[Collection entries]

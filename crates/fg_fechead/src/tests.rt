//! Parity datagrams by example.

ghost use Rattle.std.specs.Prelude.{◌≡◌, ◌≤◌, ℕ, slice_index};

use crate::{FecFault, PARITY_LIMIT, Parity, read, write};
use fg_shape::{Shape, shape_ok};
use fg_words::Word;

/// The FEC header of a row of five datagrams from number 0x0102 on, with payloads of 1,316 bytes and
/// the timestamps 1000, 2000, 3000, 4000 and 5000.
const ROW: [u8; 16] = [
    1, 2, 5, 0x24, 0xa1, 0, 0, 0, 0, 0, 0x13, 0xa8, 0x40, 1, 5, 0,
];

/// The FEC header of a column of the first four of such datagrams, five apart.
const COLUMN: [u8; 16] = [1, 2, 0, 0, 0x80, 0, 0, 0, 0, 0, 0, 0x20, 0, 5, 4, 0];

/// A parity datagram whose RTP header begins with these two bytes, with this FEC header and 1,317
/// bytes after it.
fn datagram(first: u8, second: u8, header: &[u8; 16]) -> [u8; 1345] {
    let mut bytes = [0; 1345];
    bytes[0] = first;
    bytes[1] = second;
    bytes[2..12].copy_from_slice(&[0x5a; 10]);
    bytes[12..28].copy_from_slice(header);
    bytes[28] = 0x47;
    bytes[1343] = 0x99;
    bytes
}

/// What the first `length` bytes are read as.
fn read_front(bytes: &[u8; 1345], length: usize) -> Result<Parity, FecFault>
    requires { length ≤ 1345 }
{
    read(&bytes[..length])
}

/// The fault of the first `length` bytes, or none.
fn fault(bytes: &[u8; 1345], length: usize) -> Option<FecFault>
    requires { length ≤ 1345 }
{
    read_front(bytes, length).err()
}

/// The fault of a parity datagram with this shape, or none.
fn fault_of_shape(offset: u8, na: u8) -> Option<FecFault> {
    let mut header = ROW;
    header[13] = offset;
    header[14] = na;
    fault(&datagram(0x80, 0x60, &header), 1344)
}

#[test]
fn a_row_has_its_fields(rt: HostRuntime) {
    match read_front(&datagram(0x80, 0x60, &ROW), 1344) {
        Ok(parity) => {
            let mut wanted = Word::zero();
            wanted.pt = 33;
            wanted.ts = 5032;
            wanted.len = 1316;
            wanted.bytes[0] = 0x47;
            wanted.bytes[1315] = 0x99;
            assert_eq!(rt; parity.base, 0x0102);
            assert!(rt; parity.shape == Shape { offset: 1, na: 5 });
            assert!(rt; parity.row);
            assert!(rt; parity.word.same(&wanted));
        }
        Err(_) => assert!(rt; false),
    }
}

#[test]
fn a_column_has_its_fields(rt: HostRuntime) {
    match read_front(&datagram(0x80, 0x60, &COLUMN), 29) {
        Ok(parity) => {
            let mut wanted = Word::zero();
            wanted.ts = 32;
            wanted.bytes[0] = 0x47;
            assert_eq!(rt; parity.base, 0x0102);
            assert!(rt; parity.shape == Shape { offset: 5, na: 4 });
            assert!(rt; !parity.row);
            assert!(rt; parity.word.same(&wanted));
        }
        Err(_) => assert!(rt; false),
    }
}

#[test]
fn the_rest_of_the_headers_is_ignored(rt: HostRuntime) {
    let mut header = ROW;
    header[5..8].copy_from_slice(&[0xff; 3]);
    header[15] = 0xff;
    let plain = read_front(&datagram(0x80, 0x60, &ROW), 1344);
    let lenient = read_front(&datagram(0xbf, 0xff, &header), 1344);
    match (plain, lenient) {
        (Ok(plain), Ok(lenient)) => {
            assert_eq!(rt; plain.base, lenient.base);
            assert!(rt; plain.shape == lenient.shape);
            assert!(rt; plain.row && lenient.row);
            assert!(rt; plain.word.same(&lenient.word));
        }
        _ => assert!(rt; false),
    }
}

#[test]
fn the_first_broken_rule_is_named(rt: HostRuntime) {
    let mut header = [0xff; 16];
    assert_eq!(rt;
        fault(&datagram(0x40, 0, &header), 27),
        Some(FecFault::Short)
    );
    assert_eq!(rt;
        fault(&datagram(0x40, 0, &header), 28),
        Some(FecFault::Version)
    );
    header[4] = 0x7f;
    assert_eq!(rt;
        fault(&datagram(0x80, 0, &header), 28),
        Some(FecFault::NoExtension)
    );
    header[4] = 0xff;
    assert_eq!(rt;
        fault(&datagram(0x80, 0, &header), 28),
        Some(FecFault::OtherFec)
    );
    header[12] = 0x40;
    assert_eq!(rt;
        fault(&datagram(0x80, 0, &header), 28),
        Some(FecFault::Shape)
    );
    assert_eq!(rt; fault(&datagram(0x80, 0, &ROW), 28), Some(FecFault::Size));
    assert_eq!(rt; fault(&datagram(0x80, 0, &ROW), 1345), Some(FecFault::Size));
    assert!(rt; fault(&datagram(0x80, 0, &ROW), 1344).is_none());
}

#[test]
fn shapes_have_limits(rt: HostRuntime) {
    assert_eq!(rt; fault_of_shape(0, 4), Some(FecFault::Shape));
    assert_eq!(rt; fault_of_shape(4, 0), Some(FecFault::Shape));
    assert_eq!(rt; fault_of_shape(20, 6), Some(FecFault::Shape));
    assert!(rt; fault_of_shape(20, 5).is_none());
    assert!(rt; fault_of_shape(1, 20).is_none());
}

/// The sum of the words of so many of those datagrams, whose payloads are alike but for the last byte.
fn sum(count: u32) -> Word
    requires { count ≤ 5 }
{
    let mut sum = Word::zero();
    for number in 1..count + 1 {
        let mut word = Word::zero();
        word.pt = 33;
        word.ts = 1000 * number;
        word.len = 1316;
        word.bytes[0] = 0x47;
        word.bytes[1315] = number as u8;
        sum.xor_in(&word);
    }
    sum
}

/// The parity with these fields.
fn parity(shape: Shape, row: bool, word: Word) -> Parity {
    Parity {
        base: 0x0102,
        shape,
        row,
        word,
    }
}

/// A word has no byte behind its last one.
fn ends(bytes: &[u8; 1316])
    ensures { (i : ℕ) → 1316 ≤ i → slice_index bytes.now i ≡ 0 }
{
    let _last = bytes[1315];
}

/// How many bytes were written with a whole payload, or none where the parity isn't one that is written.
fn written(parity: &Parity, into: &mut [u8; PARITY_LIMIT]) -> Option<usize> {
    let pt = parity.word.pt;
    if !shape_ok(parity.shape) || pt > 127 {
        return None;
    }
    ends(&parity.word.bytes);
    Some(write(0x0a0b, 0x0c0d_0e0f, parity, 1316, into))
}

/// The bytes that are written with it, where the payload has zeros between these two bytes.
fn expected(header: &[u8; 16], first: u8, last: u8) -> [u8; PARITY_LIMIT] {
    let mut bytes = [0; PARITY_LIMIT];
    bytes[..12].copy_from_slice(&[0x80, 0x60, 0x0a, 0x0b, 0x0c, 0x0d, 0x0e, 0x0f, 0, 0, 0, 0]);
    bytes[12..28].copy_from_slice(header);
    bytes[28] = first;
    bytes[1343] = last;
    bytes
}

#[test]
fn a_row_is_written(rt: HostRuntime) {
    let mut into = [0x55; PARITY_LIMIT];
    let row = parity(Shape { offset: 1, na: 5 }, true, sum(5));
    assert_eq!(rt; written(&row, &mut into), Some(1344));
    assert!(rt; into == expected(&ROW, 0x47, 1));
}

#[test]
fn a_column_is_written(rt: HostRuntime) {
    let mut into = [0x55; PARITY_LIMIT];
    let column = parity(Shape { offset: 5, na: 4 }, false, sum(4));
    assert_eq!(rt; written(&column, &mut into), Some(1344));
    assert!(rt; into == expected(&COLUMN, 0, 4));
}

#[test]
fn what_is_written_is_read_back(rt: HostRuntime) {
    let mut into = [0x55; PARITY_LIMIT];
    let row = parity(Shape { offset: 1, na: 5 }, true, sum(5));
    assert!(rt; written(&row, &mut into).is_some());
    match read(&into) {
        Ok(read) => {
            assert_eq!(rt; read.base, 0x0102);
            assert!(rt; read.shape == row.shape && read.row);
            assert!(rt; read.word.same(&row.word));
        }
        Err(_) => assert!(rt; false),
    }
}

==

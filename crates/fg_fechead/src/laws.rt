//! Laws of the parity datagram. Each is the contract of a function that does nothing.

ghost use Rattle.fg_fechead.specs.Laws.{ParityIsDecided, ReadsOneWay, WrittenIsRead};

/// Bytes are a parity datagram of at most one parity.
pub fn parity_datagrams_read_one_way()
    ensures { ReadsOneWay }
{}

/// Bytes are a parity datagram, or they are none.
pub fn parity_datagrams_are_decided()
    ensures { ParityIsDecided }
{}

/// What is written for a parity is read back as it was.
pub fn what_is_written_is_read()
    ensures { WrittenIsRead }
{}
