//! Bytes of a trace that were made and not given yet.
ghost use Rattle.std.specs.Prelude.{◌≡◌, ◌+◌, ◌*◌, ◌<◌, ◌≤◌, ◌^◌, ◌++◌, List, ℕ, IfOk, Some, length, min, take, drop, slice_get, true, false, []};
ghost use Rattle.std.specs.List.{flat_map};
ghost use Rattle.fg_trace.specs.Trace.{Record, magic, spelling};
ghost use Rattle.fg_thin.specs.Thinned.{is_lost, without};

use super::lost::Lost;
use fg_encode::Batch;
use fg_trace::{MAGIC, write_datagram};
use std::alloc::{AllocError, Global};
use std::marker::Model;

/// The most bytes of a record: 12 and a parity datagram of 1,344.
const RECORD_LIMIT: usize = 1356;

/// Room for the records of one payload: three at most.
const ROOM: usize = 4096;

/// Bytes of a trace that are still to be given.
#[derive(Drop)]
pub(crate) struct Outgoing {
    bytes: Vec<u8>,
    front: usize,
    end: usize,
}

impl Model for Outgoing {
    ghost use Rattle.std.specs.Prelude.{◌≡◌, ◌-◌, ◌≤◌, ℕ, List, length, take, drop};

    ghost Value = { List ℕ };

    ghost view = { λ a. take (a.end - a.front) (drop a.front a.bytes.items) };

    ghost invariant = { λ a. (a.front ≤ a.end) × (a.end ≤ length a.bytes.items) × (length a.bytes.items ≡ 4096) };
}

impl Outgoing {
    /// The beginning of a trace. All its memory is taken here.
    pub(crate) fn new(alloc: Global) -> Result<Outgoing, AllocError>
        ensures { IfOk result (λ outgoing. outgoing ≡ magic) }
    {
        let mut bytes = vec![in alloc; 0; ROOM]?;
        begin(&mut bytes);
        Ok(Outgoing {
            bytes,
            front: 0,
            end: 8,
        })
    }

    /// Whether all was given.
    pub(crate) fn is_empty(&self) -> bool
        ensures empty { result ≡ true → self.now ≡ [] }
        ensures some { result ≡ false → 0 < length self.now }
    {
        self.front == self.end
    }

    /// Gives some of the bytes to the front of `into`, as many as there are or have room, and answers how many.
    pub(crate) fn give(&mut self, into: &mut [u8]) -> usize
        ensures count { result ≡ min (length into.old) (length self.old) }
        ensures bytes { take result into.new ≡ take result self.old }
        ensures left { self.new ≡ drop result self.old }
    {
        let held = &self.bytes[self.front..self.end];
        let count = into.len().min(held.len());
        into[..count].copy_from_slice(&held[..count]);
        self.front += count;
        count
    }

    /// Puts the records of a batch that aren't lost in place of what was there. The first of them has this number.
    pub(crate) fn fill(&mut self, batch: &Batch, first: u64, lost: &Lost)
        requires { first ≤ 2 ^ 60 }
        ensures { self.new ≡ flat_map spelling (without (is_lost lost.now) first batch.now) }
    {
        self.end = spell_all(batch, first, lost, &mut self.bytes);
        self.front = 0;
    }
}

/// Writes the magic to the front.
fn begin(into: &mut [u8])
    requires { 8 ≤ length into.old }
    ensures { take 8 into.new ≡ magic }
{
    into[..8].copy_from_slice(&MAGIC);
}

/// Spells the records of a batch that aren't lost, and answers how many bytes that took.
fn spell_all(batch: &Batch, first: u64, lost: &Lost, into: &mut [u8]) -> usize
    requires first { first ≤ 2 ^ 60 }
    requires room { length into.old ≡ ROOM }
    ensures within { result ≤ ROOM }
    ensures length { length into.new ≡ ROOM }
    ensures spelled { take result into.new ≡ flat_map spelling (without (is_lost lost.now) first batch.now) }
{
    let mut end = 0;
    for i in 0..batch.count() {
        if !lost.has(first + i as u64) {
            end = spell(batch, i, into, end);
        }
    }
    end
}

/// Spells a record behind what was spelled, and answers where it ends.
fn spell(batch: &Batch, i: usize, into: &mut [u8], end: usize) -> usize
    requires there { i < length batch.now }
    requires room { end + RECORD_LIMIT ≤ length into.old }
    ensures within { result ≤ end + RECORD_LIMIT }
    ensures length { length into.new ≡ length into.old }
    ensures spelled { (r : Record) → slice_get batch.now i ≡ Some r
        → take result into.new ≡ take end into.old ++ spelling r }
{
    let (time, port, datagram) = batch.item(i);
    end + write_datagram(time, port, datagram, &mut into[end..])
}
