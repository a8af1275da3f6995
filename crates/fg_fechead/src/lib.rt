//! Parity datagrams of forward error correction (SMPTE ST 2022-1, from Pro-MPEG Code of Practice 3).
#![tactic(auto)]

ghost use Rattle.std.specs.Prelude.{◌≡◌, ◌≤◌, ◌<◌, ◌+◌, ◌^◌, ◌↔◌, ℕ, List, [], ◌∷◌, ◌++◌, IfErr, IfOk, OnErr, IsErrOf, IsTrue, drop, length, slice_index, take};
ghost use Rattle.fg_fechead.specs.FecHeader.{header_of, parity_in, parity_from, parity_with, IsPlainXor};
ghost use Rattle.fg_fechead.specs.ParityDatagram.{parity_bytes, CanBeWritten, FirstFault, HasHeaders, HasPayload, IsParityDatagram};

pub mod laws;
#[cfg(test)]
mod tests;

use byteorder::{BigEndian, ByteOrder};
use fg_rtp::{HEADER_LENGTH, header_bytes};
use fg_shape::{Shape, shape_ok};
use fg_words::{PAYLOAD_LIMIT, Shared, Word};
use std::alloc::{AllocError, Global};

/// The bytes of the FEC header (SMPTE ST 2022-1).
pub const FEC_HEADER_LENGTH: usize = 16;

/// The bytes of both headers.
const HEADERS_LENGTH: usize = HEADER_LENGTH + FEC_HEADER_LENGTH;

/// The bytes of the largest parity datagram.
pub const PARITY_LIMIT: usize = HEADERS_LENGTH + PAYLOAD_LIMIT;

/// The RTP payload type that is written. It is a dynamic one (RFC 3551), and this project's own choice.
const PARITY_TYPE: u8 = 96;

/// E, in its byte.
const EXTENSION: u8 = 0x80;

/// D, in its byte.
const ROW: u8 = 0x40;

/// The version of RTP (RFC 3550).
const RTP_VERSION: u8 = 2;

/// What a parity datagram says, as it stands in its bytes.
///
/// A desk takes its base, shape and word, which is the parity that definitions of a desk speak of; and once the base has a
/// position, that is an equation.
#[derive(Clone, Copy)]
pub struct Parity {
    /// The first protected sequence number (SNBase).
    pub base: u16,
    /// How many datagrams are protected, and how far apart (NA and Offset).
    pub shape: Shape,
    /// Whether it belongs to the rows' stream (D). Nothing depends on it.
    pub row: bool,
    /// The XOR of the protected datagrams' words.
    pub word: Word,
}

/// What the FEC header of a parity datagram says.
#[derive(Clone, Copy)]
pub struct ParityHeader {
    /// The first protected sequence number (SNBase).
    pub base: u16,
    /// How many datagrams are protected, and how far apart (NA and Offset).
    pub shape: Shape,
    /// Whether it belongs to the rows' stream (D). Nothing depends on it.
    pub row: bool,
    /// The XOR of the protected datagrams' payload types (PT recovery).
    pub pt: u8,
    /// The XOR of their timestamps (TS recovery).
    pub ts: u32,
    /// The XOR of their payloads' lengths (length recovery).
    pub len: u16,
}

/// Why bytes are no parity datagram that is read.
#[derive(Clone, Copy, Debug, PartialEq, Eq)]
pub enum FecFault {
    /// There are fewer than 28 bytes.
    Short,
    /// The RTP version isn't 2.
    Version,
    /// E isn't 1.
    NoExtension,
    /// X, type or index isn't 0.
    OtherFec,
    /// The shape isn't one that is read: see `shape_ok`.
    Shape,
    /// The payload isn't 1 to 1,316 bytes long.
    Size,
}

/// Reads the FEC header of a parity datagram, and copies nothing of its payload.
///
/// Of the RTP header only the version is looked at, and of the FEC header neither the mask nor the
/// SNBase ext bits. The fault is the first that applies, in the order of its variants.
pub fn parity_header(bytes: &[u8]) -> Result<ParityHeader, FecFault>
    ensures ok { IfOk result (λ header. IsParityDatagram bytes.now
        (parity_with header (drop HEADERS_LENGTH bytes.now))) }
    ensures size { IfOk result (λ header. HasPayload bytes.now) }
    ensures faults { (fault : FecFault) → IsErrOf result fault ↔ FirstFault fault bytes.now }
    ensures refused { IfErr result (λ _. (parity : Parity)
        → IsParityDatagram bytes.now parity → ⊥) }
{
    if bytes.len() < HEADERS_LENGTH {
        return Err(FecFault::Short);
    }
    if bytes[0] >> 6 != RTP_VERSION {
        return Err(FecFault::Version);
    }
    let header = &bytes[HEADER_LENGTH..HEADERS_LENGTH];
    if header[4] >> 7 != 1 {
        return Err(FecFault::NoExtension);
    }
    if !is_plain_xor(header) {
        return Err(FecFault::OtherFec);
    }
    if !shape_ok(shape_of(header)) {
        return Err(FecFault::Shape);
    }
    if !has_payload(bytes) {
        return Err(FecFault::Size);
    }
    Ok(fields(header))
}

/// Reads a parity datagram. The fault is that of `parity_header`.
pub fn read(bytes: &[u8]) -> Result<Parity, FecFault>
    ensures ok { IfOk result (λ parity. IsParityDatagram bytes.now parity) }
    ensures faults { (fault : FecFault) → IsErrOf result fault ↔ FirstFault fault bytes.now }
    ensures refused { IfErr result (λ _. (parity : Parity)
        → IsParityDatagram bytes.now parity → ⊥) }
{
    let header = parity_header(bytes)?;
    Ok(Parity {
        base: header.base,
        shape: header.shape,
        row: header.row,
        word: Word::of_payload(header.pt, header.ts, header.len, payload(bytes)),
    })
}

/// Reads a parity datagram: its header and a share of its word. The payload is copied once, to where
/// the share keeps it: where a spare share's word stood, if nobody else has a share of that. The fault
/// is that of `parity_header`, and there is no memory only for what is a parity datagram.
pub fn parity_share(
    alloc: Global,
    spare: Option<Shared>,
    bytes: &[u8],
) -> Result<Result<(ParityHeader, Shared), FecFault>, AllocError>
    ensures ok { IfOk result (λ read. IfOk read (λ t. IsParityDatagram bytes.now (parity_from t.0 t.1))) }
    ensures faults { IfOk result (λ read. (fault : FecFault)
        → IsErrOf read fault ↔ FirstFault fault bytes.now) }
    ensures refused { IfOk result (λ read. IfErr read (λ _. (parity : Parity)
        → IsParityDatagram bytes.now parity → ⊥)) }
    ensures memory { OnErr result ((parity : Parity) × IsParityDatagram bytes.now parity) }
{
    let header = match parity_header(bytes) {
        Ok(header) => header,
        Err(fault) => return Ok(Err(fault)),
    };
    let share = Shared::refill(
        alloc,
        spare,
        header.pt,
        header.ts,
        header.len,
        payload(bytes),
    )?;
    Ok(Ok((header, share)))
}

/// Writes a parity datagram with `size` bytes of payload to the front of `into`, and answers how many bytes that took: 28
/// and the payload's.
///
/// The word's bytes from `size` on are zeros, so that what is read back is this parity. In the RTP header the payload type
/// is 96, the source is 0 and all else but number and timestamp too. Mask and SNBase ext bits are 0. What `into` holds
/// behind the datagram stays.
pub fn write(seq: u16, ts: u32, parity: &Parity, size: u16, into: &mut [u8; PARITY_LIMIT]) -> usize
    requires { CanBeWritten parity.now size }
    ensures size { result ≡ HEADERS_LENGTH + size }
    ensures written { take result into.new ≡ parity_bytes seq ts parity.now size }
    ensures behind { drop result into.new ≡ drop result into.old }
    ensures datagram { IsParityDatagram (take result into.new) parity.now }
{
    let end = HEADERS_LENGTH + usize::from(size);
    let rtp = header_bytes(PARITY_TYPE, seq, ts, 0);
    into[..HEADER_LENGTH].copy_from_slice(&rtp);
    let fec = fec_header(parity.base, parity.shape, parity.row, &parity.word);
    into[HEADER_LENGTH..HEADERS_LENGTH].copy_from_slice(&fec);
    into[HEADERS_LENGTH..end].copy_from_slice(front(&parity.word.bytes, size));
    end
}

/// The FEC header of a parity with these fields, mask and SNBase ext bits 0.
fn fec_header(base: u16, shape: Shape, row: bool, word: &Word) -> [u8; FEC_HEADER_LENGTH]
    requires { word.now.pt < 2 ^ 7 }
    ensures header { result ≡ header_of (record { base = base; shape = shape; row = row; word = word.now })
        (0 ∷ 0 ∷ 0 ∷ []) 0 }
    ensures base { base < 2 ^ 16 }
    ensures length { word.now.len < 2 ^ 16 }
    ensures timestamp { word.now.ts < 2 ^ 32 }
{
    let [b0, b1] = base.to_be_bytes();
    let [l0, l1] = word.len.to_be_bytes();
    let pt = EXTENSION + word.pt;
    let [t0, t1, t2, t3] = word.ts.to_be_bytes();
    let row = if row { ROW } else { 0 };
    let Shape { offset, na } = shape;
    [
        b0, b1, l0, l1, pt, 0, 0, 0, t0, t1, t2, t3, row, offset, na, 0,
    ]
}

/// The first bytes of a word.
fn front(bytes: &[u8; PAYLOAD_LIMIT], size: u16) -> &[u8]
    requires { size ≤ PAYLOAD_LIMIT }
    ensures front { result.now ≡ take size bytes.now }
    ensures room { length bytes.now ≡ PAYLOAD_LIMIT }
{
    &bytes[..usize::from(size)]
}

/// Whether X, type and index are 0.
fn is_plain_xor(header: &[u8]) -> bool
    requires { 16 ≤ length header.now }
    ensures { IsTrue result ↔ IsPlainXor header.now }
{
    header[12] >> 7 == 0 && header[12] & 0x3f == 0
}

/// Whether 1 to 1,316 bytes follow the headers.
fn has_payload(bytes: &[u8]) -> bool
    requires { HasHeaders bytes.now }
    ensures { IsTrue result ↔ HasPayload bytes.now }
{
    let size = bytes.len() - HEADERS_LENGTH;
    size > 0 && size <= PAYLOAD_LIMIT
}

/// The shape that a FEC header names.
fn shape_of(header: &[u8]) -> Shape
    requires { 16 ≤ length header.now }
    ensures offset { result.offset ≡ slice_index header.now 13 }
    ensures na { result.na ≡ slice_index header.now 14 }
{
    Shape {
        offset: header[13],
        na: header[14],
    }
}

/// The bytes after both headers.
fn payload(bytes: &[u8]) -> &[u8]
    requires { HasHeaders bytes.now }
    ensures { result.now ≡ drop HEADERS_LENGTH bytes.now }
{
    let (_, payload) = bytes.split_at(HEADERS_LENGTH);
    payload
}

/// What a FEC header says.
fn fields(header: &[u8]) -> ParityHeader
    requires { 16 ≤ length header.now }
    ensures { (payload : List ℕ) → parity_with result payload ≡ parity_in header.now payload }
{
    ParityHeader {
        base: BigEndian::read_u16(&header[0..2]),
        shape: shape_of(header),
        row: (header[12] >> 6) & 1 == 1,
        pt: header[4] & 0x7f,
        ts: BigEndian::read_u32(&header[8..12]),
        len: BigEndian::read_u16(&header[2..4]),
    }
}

Exercise objective. Which lines run from the one holding "assert!(rt; parity.row);" through the one holding "fn a_column_has_its_fields(rt: HostRuntime)" in the records above? Repeat them exactly, both included, and nothing more.

Exercise solution.
            assert!(rt; parity.row);
            assert!(rt; parity.word.same(&wanted));
        }
        Err(_) => assert!(rt; false),
    }
}

#[test]
fn a_column_has_its_fields(rt: HostRuntime) {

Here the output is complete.